▶ _Description of the task_:
Look below for the line that contains "yes ↔ IsNormalizedUtf32", then copy it and each following line exactly, through and including the line that contains "cut. IsInputCut Encoding.Utf8".

:: Provided records

//! Whether inputs are normalized, and how far.
ghost use Rattle.std.specs.Prelude.{◌≡◌, ◌↔◌, IsTrue};
ghost use Rattle.icu_normalizer.specs.InputCut.{IsInputCut, IsInputNormalized};
ghost use Rattle.icu_normalizer.specs.Encodings.{Encoding, decoded_in};
ghost use Rattle.icu_normalizer.specs.Checks.{IsNormalizedUtf32};
ghost use Rattle.icu_normalizer_c.specs.Calls.{Over, ReportsCut, ReportsNormalized, ReportsNormalizedUtf32};
ghost use Rattle.normalizer_handles.specs.Handles.{held_normalizers};
ghost use Rattle.normalizer_handles.specs.Status.{IsStatus};

use crate::question::{Question, report};
use icu_normalizer::{AnyNormalizerBorrowed, NormalizeError};
use normalizer_handles::Handle;
use std::alloc::Global;

/// Whether an input is well-formed and normalized.
#[derive(Drop)]
struct IsNormalized<U>(U);

impl<'a> Question for IsNormalized<&'a [u8]> {
    type Answer = bool;

    ghost text = { λ q. decoded_in Encoding.Utf8 q.0.now };

    ghost is = { λ q m yes. IsTrue yes ↔ IsInputNormalized Encoding.Utf8 m.reading m.form q.0.now };

    fn ask(&self, normalizer: &AnyNormalizerBorrowed<'_>) -> Result<bool, NormalizeError> {
        normalizer.is_normalized_utf8(self.0)
    }
}

impl<'a> Question for IsNormalized<&'a [u16]> {
    type Answer = bool;

    ghost text = { λ q. decoded_in Encoding.Utf16 q.0.now };

    ghost is = { λ q m yes. IsTrue yes ↔ IsInputNormalized Encoding.Utf16 m.reading m.form q.0.now };

    fn ask(&self, normalizer: &AnyNormalizerBorrowed<'_>) -> Result<bool, NormalizeError> {
        normalizer.is_normalized_utf16(self.0)
    }
}

impl<'a> Question for IsNormalized<&'a [u32]> {
    type Answer = bool;

    ghost text = { λ q. q.0.now };

    ghost is = { λ q m yes. IsTrue yes ↔ IsNormalizedUtf32 m q.0.now };

    fn ask(&self, normalizer: &AnyNormalizerBorrowed<'_>) -> Result<bool, NormalizeError> {
        normalizer.is_normalized_utf32(self.0)
    }
}

/// The cut of an input.
#[derive(Drop)]
struct Cut<U>(U);

impl<'a> Question for Cut<&'a [u8]> {
    type Answer = usize;

    ghost text = { λ q. decoded_in Encoding.Utf8 q.0.now };

    ghost is = { λ q m cut. IsInputCut Encoding.Utf8 m.reading m.form q.0.now cut };

    fn ask(&self, normalizer: &AnyNormalizerBorrowed<'_>) -> Result<usize, NormalizeError> {
        let (prefix, _) = normalizer.split_normalized_utf8(self.0)?;
        Ok(prefix.len())
    }
}

impl<'a> Question for Cut<&'a [u16]> {
    type Answer = usize;

    ghost text = { λ q. decoded_in Encoding.Utf16 q.0.now };

    ghost is = { λ q m cut. IsInputCut Encoding.Utf16 m.reading m.form q.0.now cut };

    fn ask(&self, normalizer: &AnyNormalizerBorrowed<'_>) -> Result<usize, NormalizeError> {
        let (prefix, _) = normalizer.split_normalized_utf16(self.0)?;
        Ok(prefix.len())
    }
}

/// Reports whether `input` is well-formed UTF-8 and normalized.
///
/// # Errors
/// `NotOpen`, `UnknownForm`, or `Memory`, which never comes over short runs. `reported` is then unchanged.
#[unsafe(no_mangle)]
pub extern "C" fn icu_normalizer_is_normalized_utf8_nonnull(
    alloc: Global,
    handle: &mut Handle,
    form: u32,
    input: &[u8],
    reported: &mut bool,
) -> u32
    ensures status { IsStatus result (Over (held_normalizers handle.old) form (reported.new ≡ reported.old)
        (ReportsNormalized Encoding.Utf8 input.now reported.old reported.new)) }
    ensures kept { held_normalizers handle.new ≡ held_normalizers handle.old }
{
    report(alloc, handle, form, &IsNormalized(input), reported)
}

/// Reports whether `input` is well-formed UTF-16 and normalized.
///
/// # Errors
/// `NotOpen`, `UnknownForm`, or `Memory`, which never comes over short runs. `reported` is then unchanged.
#[unsafe(no_mangle)]
pub extern "C" fn icu_normalizer_is_normalized_utf16_nonnull(
    alloc: Global,
    handle: &mut Handle,
    form: u32,
    input: &[u16],
    reported: &mut bool,
) -> u32
    ensures status { IsStatus result (Over (held_normalizers handle.old) form (reported.new ≡ reported.old)
        (ReportsNormalized Encoding.Utf16 input.now reported.old reported.new)) }
    ensures kept { held_normalizers handle.new ≡ held_normalizers handle.old }
{
    report(alloc, handle, form, &IsNormalized(input), reported)
}

/// Reports whether the units of `input` are characters, as UTF-32 encodes them, and the text of them is normalized.
///
/// # Errors
/// `NotOpen`, `UnknownForm`, or `Memory`, which never comes over short runs. `reported` is then unchanged.
#[unsafe(no_mangle)]
pub extern "C" fn icu_normalizer_is_normalized_utf32_nonnull(
    alloc: Global,
    handle: &mut Handle,
    form: u32,
    input: &[u32],
    reported: &mut bool,
) -> u32
    ensures status { IsStatus result (Over (held_normalizers handle.old) form (reported.new ≡ reported.old)
        (ReportsNormalizedUtf32 input.now reported.old reported.new)) }
    ensures kept { held_normalizers handle.new ≡ held_normalizers handle.old }
{
    report(alloc, handle, form, &IsNormalized(input), reported)
}

/// Reports the cut of `input` in UTF-8: the greatest number of units that are well-formed and that the form begins
/// with, followed by the form of the rest.
///
/// # Errors
/// `NotOpen`, `UnknownForm`, or `Memory`, which never comes over short runs. `reported` is then unchanged.
#[unsafe(no_mangle)]
pub extern "C" fn icu_normalizer_split_utf8_nonnull(
    alloc: Global,
    handle: &mut Handle,
    form: u32,
    input: &[u8],
    reported: &mut usize,
) -> u32
    ensures status { IsStatus result (Over (held_normalizers handle.old) form (reported.new ≡ reported.old)
        (ReportsCut Encoding.Utf8 input.now reported.old reported.new)) }
    ensures kept { held_normalizers handle.new ≡ held_normalizers handle.old }
{
    report(alloc, handle, form, &Cut(input), reported)
}

/// Reports the cut of `input` in UTF-16: the greatest number of units that are well-formed and that the form begins
/// with, followed by the form of the rest.
///
/// # Errors
/// `NotOpen`, `UnknownForm`, or `Memory`, which never comes over short runs. `reported` is then unchanged.
#[unsafe(no_mangle)]
pub extern "C" fn icu_normalizer_split_utf16_nonnull(
    alloc: Global,
    handle: &mut Handle,
    form: u32,
    input: &[u16],
    reported: &mut usize,
) -> u32
    ensures status { IsStatus result (Over (held_normalizers handle.old) form (reported.new ≡ reported.old)
        (ReportsCut Encoding.Utf16 input.now reported.old reported.new)) }
    ensures kept { held_normalizers handle.new ≡ held_normalizers handle.old }
{
    report(alloc, handle, form, &Cut(input), reported)
}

::::

▶ _Completed exercise_:
    ghost is = { λ q m yes. IsTrue yes ↔ IsNormalizedUtf32 m q.0.now };

    fn ask(&self, normalizer: &AnyNormalizerBorrowed<'_>) -> Result<bool, NormalizeError> {
        normalizer.is_normalized_utf32(self.0)
    }
}

/// The cut of an input.
#[derive(Drop)]
struct Cut<U>(U);

impl<'a> Question for Cut<&'a [u8]> {
    type Answer = usize;

    ghost text = { λ q. decoded_in Encoding.Utf8 q.0.now };

    ghost is = { λ q m cut. IsInputCut Encoding.Utf8 m.reading m.form q.0.now cut };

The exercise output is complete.